Tuesday, July 17, 2012

The DRb JRuby Bridge

This is a technique that has proved useful when a Ruby application needs to call some Java code, but writing the application entirely in JRuby is not appropriate.

Examples:
* A required Ruby module is not compatible with JRuby (e.g. Qt)
* The Java code is only needed by optional parts of the system such as plugins

The solution is to use Distributed Ruby (DRb) to bridge between a Ruby application and a JRuby process. A JRuby application is written that contains a DRb service which acts as a facade for the Java code. A Ruby class provides an API for managing the JRuby process. The Ruby application uses the API to start the JRuby process, connect to the facade object via DRb, and stop the JRuby process when it is no longer needed.


The following example provides a simple implementation which provides access to the Apache Tika library. This is, of course, provided only for illustration purposes; Tika comes with a much more useful command-line utility, and a (J)ruby-tika project already exists.

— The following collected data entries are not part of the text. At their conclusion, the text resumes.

// A message whose bytes behind the type byte start at the place `at`.
#[tactic(auto, using(crate::proofs::Reading::of_a_message), unfolding(crate::specs::Body::message_body, crate::specs::Body::blank_body))]
fn read_message(s: &[u8], at: usize) -> BodyRead
    requires { at ≤ length s.now }
    ensures { result ≡ message_body (read_message (drop at s.now)) at }
{
    let m = message::read_message(&s[at..]);
    if m.refusal != 0 {
        return refused(m.refusal);
    }
    let start = at + 10;
    // Kept: the borrow checker takes an array into a literal from a variable alone.
    let addressee = m.addressee;
    accepted(Body {
        kind: Kind::Message,
        comment: Span {
            at: start,
            len: m.text,
        },
        identifier: identifier_span(start + m.text, m.identifier),
        addressee,
        ..blank()
    })
}

// The place behind a time that stands at the place `at`, or that place where there is no time.
#[tactic(auto, using(crate::proofs::Reading::text_length))]
fn behind_time(t: Time, at: usize) -> usize
    requires { at + length (time_text t) < 2 ^ 64 }
    ensures { result ≡ at + length (time_text t) }
{
    if t.form == 0 { at } else { at + 7 }
}

// A status whose bytes behind the type byte start at the place `at`.
#[tactic(auto, using(crate::proofs::Reading::time_ends), unfolding(crate::specs::Body::status_body, crate::specs::Body::blank_body, message::specs::Status::status_number))]
fn read_status(s: &[u8], at: usize) -> BodyRead
    requires { at ≤ length s.now }
    ensures { result ≡ status_body (read_status (drop at s.now)) s.now at }
{
    let Some(time) = message::read_status(&s[at..]) else {
        return refused(18);
    };
    accepted(Body {
        kind: Kind::Status,
        comment: span_from(s, behind_time(time, at)),
        time,
        ..blank()
    })
}

// Reads the body of a packet to that destination, which stands in s from the place `from` to the end. Where nothing stands
// there, it is of Unknown kind. Strictly minutes of 60 or more are 8, 9 or, in a Mic-E destination, 11, and a byte that names no symbol
// table is 20, last of all.
#[tactic(auto, unfolding(crate::specs::Body::read_body_by, crate::specs::Body::body_after))]
pub fn read(to: Callsign, s: &[u8], from: usize, strict: bool) -> BodyRead
    ensures { result ≡ read_body_by strict to s.now from }
{
    let Some(&first) = s.get(from) else {
        return accepted(blank());
    };
    match opening_of(first) {
        Opening::Positioned { messaging, timed } => {
            read_position(s, from + 1, messaging, timed, strict)
        }
        Opening::Mic(current) => read_mic_e(to, s, from + 1, current, strict),
        Opening::Addressed => read_message(s, from + 1),
        Opening::Stated => read_status(s, from + 1),
        Opening::Other => accepted(blank()),
    }
}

The directory structure for this example is as follows:

  bin/test_app.rb
  lib/tika-app-1.1.jar
  lib/tika_service.rb
  lib/tika_service_jruby


The JRuby application, tika_service_jruby, requires the java module and the tika jar. It also uses the tika_service module in order to define default port numbers and such.


#!/usr/bin/env jruby


raise ScriptError.new("Tika requires JRuby") unless RUBY_PLATFORM =~ /java/


require 'java'
require 'tika-app-1.1.jar'
require 'tika_service'


# =============================================================================
module Tika


  # ------------------------------------------------------------------------
  # Namespaces for Tika plugins


  module ContentHandler
    Body = Java::org.apache.tika.sax.BodyContentHandler
    Boilerpipe = Java::org.apache.tika.parser.html.BoilerpipeContentHandler
    Writeout = Java::org.apache.tika.sax.WriteOutContentHandler
  end


  module Parser
    Auto = Java::org.apache.tika.parser.AutoDetectParser
  end


  module Detector
    Default = Java::org.apache.tika.detect.DefaultDetector
    Language = Java::org.apache.tika.language.LanguageIdentifier
  end


  Metadata = Java::org.apache.tika.metadata.Metadata


  class Service
    # ----------------------------------------------------------------------
    # JRuby Bridge


    # Number of clients connected to TikaServer
    attr_reader :usage_count


    def initialize
      @usage_count = 0
      Tika::Detector::Language.initProfiles
    end


    def inc_usage; @usage_count += 1; end


    def dec_usage; @usage_count -= 1; end


    def stop_if_unused; DRb.stop_service if (usage_count <= 0); end


    def self.drb_start(port)
      port ||= DEFAULT_PORT


      DRb.start_service "druby://localhost:#{port.to_i}", self.new
      puts "tika daemon started (#{Process.pid}). Connect to #{DRb.uri}"
     
      trap('HUP') { DRb.stop_service; Tika::Service.drb_start(port) }
      trap('INT') { puts 'Stopping tika daemon'; DRb.stop_service }


      DRb.thread.join
    end


    # ----------------------------------------------------------------------
    # Tika Facade


    def parse(str)
      input = java.io.ByteArrayInputStream.new(str.to_java.get_bytes)
      content = Tika::ContentHandler::Body.new(-1)
      metadata = Tika::Metadata.new


      Tika::Parser::Auto.new.parse(input, content, metadata)
      lang = Tika::Detector::Language.new(input.to_string)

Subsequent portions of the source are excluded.